• Your assignment:
From the records below, extract only the lines running from the line with "use crate::comparing::agrees;" to the line with "its room says.", both lines included, reproducing them exactly.

• Data to use:
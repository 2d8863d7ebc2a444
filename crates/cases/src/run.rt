// What the program has come to between two lines, and what it says.

// The output's buffer and how far it is filled, the number of the line at hand, and what was counted. Memory is fixed, so it is no Vec.
#[derive(Drop)]
pub(crate) struct Run<'a> {
    pub out: &'a mut [u8],
    pub used: usize,
    pub line: u64,
    pub cases: u64,
    pub compared: u64,
    pub differ: u64,
    pub bad: u64,
}

impl<'a> Run<'a> {
    pub(crate) fn new(out: &'a mut [u8]) -> Self {
        Run {
            out,
            used: 0,
            line: 0,
            cases: 0,
            compared: 0,
            differ: 0,
            bad: 0,
        }
    }
}

impl Run<'_> {
    pub(crate) fn put(&mut self, rt: &impl Print, bytes: &[u8]) {
        self.used = report::put(rt, self.out, self.used, bytes);
    }

    pub(crate) fn put_number(&mut self, rt: &impl Print, n: u64) {
        self.used = report::put_number(rt, self.out, self.used, n);
    }

    pub(crate) fn put_marks(&mut self, rt: &impl Print, words: &[u32], count: usize) {
        self.used = report::put_marks(rt, self.out, self.used, words, count);
    }

    pub(crate) fn flush(&mut self, rt: &impl Print) {
        let used = self.used;
        report::flush(rt, self.out, used);
        self.used = 0;
    }

    pub(crate) fn begin_line(&mut self) {
        self.line = one_more(self.line);
    }

    pub(crate) fn bad_line(&mut self, rt: &impl Print, why: &[u8]) {
        self.used = report::put_bad_line(rt, self.out, self.used, self.line, why);
        self.bad = one_more(self.bad);
    }

    // One more case, with so many comparisons and differences.
    pub(crate) fn counted(&mut self, compared: u64, differ: u64) {
        self.cases = one_more(self.cases);
        self.compared = self.compared.wrapping_add(compared);
        self.differ = self.differ.wrapping_add(differ);
    }

    // The last lines of the output.
    pub(crate) fn put_totals(&mut self, rt: &impl Print) {
        self.used = report::put_bad_lines(rt, self.out, self.used, self.bad);
        self.put_number(rt, self.cases);
        self.put(rt, b" cases, ");
        self.put_number(rt, self.compared);
        self.put(rt, b" compared, ");
        self.put_number(rt, self.differ);
        self.put(rt, b" differ\n");
        self.flush(rt);
    }
}

// There are far fewer lines than would make a count wrap.
fn one_more(count: u64) -> u64 {
    count.wrapping_add(1)
}
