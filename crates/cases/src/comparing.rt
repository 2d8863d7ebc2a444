// An answer that is recorded on a line, against the program's own. None says that something differs.
use crate::running::Outcome;
use base::state;

// Room for the text of one event, answer or number.
pub(crate) const PIECE_ROOM: usize = 256;

// Whether the parts that are recorded, behind the space that ends the arrow, are those of the answer. At Nok an empty list of events says
// nothing, since the crate takes its events back there.
pub(crate) fn agrees(recorded: &[u8], outcome: Outcome, answer: &[u8], words: &[u32]) -> bool {
    let mut piece = [0u8; PIECE_ROOM];
    let Some(at) = eat_answer(recorded, outcome, answer, &mut piece) else {
        return false;
    };
    if outcome.number == state::NOK && at == recorded.len() {
        return true;
    }
    eat_events(recorded, at, words, outcome.made.events, &mut piece) == Some(recorded.len())
}

// The place past the answer and its steps, where the events begin.
fn eat_answer(recorded: &[u8], outcome: Outcome, answer: &[u8], piece: &mut [u8]) -> Option<usize> {
    let at = eat(recorded, 1, answer)?;
    let at = eat_steps(recorded, at, b" | steps", outcome.made.steps, piece)?;
    eat(recorded, at, b" | events")
}

// The place past the word, if the word stands at this place.
pub(crate) fn eat(line: &[u8], from: usize, word: &[u8]) -> Option<usize> {
    if line.get(from..)?.starts_with(word) {
        Some(from + word.len())
    } else {
        None
    }
}

// The word and the steps behind it, which need not be recorded.
pub(crate) fn eat_steps(
    line: &[u8],
    from: usize,
    word: &[u8],
    steps: usize,
    piece: &mut [u8],
) -> Option<usize> {
    match eat(line, from, word) {
        Some(at) => eat_number(line, at, steps, piece),
        None => Some(from),
    }
}

// A space and the number.
pub(crate) fn eat_number(
    line: &[u8],
    from: usize,
    number: usize,
    piece: &mut [u8],
) -> Option<usize> {
    let count = report::spaced(piece, 0, number);
    eat(line, from, &piece[0..count])
}

pub(crate) fn eat_events(
    line: &[u8],
    from: usize,
    words: &[u32],
    count: usize,
    piece: &mut [u8],
) -> Option<usize> {
    let mut place = from;
    for k in 0..events::room::held(count, words.len()) {
        let end = report::event_mark(piece, 0, events::read(words, k));
        place = eat(line, place, &piece[0..end])?;
    }
    Some(place)
}
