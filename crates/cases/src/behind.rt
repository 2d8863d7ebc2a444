// What stands behind a case, and so what is written for its line.
use crate::run::Run;

// A line, its case, and what is recorded behind the arrow, if there is one: from the space on that ends the arrow.
#[derive(Clone, Copy)]
pub(crate) struct Entry<'a> {
    pub line: &'a [u8],
    pub case: &'a [u8],
    pub recorded: Option<&'a [u8]>,
}

#[derive(Clone, Copy)]
pub(crate) enum Behind {
    // The line ends with the case.
    Nothing,
    // The answer that is recorded is the program's own.
    Same,
    // It is another.
    Other,
    // It has not the form of one, so it does not differ from anything.
    NoAnswer,
}

// The line is counted, and what goes before an answer is put: whether the answer is to be written.
pub(crate) fn begins_answer(rt: &impl Print, line: &[u8], behind: Behind, run: &mut Run) -> bool {
    match behind {
        Behind::Nothing => {
            run.counted(0, 0);
            true
        }
        Behind::Same => {
            run.counted(1, 0);
            false
        }
        Behind::Other => {
            run.counted(1, 1);
            run.put(rt, b"DIFFERS\n");
            run.put(rt, line);
            run.put(rt, b"\n");
            true
        }
        Behind::NoAnswer => {
            run.bad_line(rt, b"");
            false
        }
    }
}
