// A line with a single case.
use crate::behind::{Behind, Entry, begins_answer};
use crate::comparing::agrees;
use crate::desk::Desk;
use crate::reading::read_case;
use crate::recorded::is_answer;
use crate::run::Run;
use crate::running::{Outcome, run_case};

// The case is run on its page, with the words that its room says.
pub(crate) fn case_line(rt: &impl Print, entry: Entry, desk: &mut Desk, run: &mut Run) {
    let Some(case) = read_case(entry.case, desk.page) else {
        return run.bad_line(rt, b"");
    };
    let length = case.request.length.min(desk.page.len());
    let room = events::room::words_for(case.room, desk.words.len());
    let outcome = run_case(
        case,
        &mut desk.page[0..length],
        &mut desk.words[0..room],
        desk.scratch,
        desk.piece,
    );
    answer_line(
        rt,
        entry,
        outcome,
        &mut desk.piece[0..outcome.length],
        &mut desk.words[0..room],
        run,
    );
}

// The case with its answer, or both answers where they differ. The desk's answer and words come as they are cut for this case, and so one by
// one, here and below.
fn answer_line(
    rt: &impl Print,
    entry: Entry,
    outcome: Outcome,
    answer: &[u8],
    words: &[u32],
    run: &mut Run,
) {
    let behind = behind_case(entry, outcome, answer, words);
    if begins_answer(rt, entry.line, behind, run) {
        put_case(rt, entry.case, outcome, answer, words, run);
    }
}

fn behind_case(entry: Entry, outcome: Outcome, answer: &[u8], words: &[u32]) -> Behind {
    match entry.recorded {
        None => Behind::Nothing,
        Some(recorded) if agrees(recorded, outcome, answer, words) => Behind::Same,
        Some(recorded) if is_answer(recorded) => Behind::Other,
        Some(_) => Behind::NoAnswer,
    }
}

// The case with its answer, steps and events.
fn put_case(
    rt: &impl Print,
    case: &[u8],
    outcome: Outcome,
    answer: &[u8],
    words: &[u32],
    run: &mut Run,
) {
    run.put(rt, case);
    run.put(rt, b" => ");
    run.put(rt, answer);
    run.put(rt, b" | steps ");
    run.put_number(rt, outcome.made.steps as u64);
    run.put(rt, b" | events");
    run.put_marks(rt, words, outcome.made.events);
    run.put(rt, b"\n");
}
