// The body that a scan asks about.
use scan::Scan;

// The body of the scan that asks, as a field of bytes: it is put at a place of the buffer, and the place past it is answered. The
// scratch takes a copy of the body where one is needed.
pub(crate) fn put_body(
    scan: Scan,
    page: &[u8],
    scratch: &mut [u8],
    out: &mut [u8],
    at: usize,
) -> usize {
    let body = mdx_collect::collect(scan, page, scratch);
    report::hex(out, at, mdx_collect::part(page, scratch, body))
}
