// A list with its answers.
use crate::comparing::PIECE_ROOM;
use crate::list_pieces::{List, Piece, first_front, run_piece};
use crate::list_telling::told_of;
use crate::run::Run;
use batch::Opening;

// The list as it stands on its line, a part for each job, and the events of all.
pub(crate) fn put_list(rt: &impl Print, list: List, page: &[u8], words: &mut [u32], run: &mut Run) {
    run.put(rt, list.text);
    run.put(rt, b" =>");
    if list.refused {
        return run.put(rt, b" BadCall | events\n");
    }
    let events = put_pieces(rt, list, page, words, run);
    run.put(rt, b" | events");
    run.put_marks(rt, words, events);
    run.put(rt, b"\n");
}

// The list is run, and the parts of a piece are put before the next is run: how many events the list wrote. A closure for what is done with
// a piece, here and in `eat_pieces`, would be no plainer: that one may end early.
fn put_pieces(rt: &impl Print, list: List, page: &[u8], words: &mut [u32], run: &mut Run) -> usize {
    let mut front = first_front(list);
    while let Some(piece) = run_piece(list, front, page, words) {
        put_parts(rt, piece, front.at == list.jobs, run);
        front = piece.front;
    }
    front.events
}

// `first` says that the piece is the list's first.
fn put_parts(rt: &impl Print, piece: Piece, first: bool, run: &mut Run) {
    for (i, opening) in piece.many.openings.iter().take(piece.count).enumerate() {
        put_joint(rt, first && i == 0, run);
        put_part(rt, *opening, i < piece.many.filled.records, run);
    }
}

// What stands before a part, of which one opens the answer.
fn put_joint(rt: &impl Print, opens: bool, run: &mut Run) {
    if opens {
        return run.put(rt, b" ");
    }
    run.put(rt, b" ; ");
}

// A record that was not filled is as it was lent.
fn put_part(rt: &impl Print, opening: Opening, filled: bool, run: &mut Run) {
    if !filled {
        return run.put(rt, b"-");
    }
    let mut piece = [0u8; PIECE_ROOM];
    let length = report::answer_text(&mut piece, 0, told_of(opening), b":");
    run.put(rt, &piece[0..length]);
    run.put(rt, b" steps ");
    run.put_number(rt, opening.steps as u64);
    run.put(rt, b" events ");
    run.put_number(rt, opening.events as u64);
}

• Result of the task:
use crate::comparing::agrees;
use crate::desk::Desk;
use crate::reading::read_case;
use crate::recorded::is_answer;
use crate::run::Run;
use crate::running::{Outcome, run_case};

// The case is run on its page, with the words that its room says.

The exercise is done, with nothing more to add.